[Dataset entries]
○ ○ ○ ○

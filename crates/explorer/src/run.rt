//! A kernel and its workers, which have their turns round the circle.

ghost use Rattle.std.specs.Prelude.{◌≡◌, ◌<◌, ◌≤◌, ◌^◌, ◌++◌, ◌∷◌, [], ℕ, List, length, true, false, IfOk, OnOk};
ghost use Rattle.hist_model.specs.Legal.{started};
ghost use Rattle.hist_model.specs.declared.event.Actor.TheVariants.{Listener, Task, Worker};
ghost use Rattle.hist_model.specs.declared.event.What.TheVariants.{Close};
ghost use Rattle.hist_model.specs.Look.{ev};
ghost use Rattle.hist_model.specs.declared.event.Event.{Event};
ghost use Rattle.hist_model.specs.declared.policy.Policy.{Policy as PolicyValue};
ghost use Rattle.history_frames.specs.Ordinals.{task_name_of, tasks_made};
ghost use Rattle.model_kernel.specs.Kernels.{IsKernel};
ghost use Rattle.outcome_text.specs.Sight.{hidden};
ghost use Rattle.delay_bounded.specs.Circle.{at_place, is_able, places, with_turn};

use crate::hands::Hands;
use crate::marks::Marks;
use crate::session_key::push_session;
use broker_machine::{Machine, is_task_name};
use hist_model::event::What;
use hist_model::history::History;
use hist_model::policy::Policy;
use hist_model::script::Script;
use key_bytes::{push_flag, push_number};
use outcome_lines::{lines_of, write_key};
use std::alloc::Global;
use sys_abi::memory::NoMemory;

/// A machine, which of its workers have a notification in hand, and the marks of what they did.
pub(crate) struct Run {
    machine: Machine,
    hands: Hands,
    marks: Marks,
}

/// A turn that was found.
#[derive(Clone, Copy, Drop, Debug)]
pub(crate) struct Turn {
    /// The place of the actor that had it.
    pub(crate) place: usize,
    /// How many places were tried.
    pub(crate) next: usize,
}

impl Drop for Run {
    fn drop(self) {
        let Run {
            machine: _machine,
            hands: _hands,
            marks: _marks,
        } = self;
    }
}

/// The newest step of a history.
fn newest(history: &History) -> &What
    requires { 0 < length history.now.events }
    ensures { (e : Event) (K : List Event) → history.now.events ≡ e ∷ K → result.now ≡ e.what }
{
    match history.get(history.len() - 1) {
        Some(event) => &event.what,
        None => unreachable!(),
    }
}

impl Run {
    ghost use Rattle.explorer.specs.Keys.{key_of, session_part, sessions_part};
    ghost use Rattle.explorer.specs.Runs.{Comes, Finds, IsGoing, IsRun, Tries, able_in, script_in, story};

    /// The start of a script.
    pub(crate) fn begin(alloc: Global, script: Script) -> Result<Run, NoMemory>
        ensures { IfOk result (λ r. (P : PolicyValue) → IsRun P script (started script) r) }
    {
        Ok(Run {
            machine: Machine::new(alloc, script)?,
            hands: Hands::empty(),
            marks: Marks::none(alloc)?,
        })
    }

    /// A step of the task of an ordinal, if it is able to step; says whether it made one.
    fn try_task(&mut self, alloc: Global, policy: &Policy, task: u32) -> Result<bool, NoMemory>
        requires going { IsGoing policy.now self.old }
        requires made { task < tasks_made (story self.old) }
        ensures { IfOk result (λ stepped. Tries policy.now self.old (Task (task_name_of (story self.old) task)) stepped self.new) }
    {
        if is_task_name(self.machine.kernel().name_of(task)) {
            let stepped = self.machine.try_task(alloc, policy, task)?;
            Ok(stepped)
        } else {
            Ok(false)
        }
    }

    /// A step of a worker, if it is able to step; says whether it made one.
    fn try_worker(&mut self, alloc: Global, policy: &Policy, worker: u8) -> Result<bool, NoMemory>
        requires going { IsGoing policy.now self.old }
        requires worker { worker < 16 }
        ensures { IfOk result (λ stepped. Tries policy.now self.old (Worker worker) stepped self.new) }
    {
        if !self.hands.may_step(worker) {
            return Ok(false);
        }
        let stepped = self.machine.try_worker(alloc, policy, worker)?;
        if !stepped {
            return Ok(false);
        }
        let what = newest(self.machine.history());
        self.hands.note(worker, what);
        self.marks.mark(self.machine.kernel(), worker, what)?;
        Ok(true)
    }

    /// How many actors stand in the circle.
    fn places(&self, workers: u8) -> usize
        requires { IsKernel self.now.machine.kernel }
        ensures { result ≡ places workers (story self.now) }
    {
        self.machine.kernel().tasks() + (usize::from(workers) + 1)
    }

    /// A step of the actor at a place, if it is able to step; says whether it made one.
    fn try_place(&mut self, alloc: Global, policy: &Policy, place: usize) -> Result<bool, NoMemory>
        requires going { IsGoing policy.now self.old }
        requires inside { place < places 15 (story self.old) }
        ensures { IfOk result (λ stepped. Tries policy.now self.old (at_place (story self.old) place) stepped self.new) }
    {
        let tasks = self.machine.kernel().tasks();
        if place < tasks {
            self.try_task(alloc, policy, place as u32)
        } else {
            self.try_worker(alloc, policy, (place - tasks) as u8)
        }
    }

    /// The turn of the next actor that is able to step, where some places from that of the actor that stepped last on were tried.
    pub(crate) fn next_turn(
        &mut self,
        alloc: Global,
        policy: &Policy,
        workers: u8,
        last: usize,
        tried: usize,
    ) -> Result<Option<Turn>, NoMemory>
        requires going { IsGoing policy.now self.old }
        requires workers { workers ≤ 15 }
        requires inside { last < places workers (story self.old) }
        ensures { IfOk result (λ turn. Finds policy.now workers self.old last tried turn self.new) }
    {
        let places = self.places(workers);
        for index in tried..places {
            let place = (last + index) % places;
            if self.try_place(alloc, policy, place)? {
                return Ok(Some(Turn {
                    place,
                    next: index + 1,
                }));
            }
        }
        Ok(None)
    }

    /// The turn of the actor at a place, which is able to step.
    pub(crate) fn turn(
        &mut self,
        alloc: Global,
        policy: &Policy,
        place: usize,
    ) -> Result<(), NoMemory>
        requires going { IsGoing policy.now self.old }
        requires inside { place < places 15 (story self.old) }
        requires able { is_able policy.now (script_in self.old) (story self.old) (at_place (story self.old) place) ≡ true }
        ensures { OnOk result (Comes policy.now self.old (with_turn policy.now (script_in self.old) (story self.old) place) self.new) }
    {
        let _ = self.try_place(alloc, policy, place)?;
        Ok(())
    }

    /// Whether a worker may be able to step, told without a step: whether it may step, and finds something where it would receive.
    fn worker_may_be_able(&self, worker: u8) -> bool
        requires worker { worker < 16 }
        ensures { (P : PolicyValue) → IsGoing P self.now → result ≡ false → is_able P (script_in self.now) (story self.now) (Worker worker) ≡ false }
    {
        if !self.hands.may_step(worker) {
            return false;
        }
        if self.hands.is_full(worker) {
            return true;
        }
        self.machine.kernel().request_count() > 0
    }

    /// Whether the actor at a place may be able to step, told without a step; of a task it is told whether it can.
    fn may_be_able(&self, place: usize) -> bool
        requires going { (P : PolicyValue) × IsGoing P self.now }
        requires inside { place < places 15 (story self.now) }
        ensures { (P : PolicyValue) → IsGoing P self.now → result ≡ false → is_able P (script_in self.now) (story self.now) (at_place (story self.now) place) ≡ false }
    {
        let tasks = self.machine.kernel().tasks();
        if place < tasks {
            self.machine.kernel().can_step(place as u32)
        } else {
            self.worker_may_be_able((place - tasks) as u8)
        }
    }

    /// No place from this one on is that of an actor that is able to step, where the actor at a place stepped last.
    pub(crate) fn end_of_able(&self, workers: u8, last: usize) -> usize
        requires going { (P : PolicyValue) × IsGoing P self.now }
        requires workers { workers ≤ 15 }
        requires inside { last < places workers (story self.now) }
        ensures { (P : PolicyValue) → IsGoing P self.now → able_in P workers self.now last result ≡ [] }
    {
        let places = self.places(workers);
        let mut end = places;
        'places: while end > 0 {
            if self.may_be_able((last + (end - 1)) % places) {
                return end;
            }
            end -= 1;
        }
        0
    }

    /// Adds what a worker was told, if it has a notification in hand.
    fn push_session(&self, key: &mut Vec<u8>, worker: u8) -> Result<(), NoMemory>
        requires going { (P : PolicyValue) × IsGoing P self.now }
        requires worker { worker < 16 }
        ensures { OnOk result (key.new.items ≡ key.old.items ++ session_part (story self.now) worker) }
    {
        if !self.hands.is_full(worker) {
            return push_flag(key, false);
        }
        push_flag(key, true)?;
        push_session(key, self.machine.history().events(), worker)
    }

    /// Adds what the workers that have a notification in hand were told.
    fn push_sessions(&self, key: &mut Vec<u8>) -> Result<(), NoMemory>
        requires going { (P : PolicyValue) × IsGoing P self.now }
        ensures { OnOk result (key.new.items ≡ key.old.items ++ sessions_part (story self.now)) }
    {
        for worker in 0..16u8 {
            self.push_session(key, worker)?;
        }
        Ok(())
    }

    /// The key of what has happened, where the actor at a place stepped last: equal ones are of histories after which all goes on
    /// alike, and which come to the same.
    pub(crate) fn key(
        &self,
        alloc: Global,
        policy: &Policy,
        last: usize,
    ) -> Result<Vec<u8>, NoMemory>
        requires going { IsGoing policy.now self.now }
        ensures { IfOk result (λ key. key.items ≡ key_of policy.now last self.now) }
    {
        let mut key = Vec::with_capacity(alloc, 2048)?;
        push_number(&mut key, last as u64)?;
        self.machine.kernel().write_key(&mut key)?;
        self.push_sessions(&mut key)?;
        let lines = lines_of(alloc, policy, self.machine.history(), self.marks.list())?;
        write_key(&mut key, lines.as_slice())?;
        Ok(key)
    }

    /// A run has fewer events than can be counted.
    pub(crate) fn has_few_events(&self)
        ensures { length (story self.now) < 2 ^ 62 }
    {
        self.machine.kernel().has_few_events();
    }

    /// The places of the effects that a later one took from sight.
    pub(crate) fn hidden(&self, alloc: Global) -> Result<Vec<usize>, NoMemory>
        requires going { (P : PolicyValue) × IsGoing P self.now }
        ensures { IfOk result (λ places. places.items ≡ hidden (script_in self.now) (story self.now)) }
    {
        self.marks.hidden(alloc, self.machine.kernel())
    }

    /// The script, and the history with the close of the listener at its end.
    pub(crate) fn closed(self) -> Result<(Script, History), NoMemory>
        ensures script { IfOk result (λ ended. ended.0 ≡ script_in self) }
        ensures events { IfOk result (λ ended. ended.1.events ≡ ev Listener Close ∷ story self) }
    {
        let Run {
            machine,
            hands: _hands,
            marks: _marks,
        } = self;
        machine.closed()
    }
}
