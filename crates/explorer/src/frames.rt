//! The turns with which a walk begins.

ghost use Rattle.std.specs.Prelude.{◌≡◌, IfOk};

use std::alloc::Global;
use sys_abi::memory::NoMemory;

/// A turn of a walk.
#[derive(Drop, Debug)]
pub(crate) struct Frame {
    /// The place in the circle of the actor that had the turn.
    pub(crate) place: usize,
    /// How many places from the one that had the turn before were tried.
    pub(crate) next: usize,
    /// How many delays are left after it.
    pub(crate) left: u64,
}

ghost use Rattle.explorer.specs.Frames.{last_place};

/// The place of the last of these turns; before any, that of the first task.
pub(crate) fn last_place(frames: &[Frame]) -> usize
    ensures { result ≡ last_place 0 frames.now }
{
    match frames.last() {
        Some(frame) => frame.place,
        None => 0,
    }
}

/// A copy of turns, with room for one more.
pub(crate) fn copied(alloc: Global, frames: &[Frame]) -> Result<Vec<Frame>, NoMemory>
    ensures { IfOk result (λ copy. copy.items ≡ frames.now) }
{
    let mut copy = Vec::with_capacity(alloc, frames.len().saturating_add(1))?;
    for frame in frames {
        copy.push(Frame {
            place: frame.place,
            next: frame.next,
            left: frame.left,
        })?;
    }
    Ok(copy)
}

○ ○ ○ ○

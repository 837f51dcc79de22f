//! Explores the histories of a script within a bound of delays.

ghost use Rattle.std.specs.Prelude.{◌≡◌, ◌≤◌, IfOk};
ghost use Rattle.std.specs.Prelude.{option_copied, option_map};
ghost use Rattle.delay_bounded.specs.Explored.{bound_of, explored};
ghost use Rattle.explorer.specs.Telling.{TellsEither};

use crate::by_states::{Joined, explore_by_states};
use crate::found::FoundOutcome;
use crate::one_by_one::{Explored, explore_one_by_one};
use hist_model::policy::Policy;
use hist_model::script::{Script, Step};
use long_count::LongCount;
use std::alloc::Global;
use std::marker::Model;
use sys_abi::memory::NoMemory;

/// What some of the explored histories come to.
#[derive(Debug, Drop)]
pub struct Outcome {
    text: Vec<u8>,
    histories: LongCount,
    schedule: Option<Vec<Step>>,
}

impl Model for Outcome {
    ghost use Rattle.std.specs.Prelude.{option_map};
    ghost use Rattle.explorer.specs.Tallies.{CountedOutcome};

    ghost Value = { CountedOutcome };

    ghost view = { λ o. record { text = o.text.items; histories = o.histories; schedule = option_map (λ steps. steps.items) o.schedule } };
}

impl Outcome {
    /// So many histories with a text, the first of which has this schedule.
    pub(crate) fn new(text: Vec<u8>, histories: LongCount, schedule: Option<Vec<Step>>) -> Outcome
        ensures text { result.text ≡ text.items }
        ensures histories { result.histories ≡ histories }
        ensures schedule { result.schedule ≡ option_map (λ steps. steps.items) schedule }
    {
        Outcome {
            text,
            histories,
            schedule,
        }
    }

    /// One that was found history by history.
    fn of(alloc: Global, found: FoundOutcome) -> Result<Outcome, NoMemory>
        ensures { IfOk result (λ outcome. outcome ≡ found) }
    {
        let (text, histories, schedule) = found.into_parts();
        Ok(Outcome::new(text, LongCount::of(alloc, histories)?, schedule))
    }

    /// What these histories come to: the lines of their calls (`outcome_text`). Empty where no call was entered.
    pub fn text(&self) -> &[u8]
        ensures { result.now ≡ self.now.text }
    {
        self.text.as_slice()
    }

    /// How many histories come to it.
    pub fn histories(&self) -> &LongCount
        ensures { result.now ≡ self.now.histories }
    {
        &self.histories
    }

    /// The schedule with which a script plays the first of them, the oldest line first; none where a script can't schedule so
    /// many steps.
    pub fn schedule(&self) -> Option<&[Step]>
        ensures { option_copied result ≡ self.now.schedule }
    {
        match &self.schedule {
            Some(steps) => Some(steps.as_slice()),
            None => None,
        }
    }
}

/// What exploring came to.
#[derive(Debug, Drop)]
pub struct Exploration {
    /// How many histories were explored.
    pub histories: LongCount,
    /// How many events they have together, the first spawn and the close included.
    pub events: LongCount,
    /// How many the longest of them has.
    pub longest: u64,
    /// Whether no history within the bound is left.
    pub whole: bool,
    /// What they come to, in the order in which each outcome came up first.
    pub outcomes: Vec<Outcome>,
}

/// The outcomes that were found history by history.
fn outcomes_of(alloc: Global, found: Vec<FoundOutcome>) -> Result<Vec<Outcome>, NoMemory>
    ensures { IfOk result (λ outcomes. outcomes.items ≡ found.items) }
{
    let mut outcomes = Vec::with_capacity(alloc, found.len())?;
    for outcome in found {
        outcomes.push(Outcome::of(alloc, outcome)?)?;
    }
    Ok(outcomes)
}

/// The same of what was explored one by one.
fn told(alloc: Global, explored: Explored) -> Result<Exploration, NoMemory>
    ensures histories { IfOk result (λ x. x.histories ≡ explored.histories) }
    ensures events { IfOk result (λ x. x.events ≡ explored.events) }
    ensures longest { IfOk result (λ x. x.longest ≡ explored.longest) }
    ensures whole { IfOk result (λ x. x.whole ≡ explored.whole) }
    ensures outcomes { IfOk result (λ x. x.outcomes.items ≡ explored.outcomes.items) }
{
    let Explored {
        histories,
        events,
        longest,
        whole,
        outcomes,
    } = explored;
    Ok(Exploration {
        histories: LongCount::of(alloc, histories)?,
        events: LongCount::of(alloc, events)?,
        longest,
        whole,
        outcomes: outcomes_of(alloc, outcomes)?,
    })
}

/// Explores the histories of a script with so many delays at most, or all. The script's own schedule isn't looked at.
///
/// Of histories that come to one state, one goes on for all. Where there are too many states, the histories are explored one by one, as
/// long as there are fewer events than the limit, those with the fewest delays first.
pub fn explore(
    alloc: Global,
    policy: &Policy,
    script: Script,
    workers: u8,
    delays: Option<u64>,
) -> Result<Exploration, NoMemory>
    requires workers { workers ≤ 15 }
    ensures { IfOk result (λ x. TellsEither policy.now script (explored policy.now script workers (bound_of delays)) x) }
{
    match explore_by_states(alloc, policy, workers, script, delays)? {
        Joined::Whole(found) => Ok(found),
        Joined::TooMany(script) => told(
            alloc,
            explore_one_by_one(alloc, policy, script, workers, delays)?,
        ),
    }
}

○ ○ ○ ○

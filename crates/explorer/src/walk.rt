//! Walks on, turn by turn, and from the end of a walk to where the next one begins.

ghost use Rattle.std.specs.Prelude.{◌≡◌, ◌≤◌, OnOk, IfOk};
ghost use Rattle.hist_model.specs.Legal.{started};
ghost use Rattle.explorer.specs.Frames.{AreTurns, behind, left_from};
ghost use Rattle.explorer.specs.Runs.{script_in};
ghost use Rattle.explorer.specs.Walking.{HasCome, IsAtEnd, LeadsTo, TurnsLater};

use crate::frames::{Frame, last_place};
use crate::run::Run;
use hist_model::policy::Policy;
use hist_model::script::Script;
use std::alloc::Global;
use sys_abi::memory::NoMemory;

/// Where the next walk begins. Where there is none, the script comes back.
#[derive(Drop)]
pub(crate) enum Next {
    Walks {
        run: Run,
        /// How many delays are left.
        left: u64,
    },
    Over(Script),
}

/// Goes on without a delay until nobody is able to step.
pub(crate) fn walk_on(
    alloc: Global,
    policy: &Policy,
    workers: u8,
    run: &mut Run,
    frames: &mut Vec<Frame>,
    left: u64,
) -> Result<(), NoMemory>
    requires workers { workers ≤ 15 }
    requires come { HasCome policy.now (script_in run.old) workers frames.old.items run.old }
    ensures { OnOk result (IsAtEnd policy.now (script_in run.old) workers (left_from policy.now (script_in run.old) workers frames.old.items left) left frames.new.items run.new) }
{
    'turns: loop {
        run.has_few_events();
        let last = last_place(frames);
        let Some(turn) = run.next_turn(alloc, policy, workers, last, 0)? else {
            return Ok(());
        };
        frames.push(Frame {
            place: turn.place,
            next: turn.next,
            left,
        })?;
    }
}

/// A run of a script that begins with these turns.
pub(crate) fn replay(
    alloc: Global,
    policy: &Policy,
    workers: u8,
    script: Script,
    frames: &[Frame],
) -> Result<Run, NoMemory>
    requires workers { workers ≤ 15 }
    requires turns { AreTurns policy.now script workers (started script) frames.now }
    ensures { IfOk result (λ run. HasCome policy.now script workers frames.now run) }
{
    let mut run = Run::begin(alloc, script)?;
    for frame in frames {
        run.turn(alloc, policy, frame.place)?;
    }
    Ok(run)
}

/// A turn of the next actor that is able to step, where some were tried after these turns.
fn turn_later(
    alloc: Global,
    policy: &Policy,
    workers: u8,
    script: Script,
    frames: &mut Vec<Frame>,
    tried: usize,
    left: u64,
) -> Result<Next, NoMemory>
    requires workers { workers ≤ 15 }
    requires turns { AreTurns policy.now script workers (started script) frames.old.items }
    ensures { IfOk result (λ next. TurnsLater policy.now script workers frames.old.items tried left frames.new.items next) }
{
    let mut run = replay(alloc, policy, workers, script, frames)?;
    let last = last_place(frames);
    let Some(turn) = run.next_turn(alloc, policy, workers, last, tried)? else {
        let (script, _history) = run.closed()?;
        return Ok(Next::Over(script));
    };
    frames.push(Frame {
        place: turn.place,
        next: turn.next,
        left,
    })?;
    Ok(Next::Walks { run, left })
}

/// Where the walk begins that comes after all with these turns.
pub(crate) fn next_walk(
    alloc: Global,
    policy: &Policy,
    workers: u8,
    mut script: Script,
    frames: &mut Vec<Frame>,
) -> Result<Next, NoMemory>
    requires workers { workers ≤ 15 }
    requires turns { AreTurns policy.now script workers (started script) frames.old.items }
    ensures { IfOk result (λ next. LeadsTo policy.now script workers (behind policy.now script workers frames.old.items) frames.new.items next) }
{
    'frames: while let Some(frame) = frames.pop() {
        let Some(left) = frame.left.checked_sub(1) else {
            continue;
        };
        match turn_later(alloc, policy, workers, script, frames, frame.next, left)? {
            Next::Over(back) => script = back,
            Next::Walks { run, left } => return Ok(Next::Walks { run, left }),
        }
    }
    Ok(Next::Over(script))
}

○ ○ ○ ○

**TASK**
Search the data for the string "inside" and say how many lines include it, giving only the number.

**RESULT OF THE TASK**
5